▶ **DESCRIPTION OF THE TASK**
Among the records that follow, count the lines with the string "Some"; report only that count.

▶ **Records from a collection**
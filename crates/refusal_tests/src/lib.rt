//! What stands after a call that was refused memory.
#![tactic(auto)]

#[cfg(test)]
mod tests;
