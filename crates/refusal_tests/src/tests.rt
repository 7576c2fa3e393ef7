//! Each growing call that is refused memory is followed by the questions whose answers were known before, and is then
//! made again. Where memory is ample no call is refused: `rt try --test --fail-alloc N` refuses the Nth growth.

mod arena;
mod closer;
mod conditions;
mod net;

use std::alloc::Global;
use std::test::Fail;
use test_programs::ProgramError;

/// What doesn't stand after calls that are refused.
fn first_wrong(alloc: Global) -> Result<Option<&'static str>, ProgramError> {
    if !arena::stand_after_calls(alloc)? {
        return Ok(Some("terms after each call"));
    }
    if !arena::stand_after_replay(alloc)? {
        return Ok(Some("terms after a replay"));
    }
    if !conditions::stand_after_calls(alloc)? {
        return Ok(Some("conditions after each call"));
    }
    if !net::stand_after_calls(alloc)? {
        return Ok(Some("gates after each call"));
    }
    if !net::stand_after_bits(alloc)? {
        return Ok(Some("gates after bits"));
    }
    if !closer::stand_after_calls(alloc)? {
        return Ok(Some("clauses after each call"));
    }
    Ok(None)
}

/// A first try may be refused before there is anything to ask.
#[test]
fn what_stands_after_each_call(rt: HostRuntime) -> Result<(), Fail> {
    let alloc = rt.alloc();
    let wrong = match first_wrong(alloc) {
        Ok(wrong) => wrong,
        Err(_) => first_wrong(alloc)?,
    };
    assert_eq!(rt; wrong, None);
    Ok(())
}
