//! A tower file of one register, as an example.

ghost use Rattle.std.specs.Prelude.{◌≡◌};
ghost use Rattle.tower_file.specs.Alone.{alone_text};

/// The text of a tower of the safe register `r` alone, which process 0 writes and which holds 0 at
/// first. What it says is the law `text_of_one_register`.
pub fn one_register() -> &'static [u8]
    ensures { result.now ≡ alone_text }
{
    b"{:levels [{:name top :registers [{:name r :kind :safe :writers [0] :initial 0}]}]}"
}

▶ **YOUR SOLUTION**
6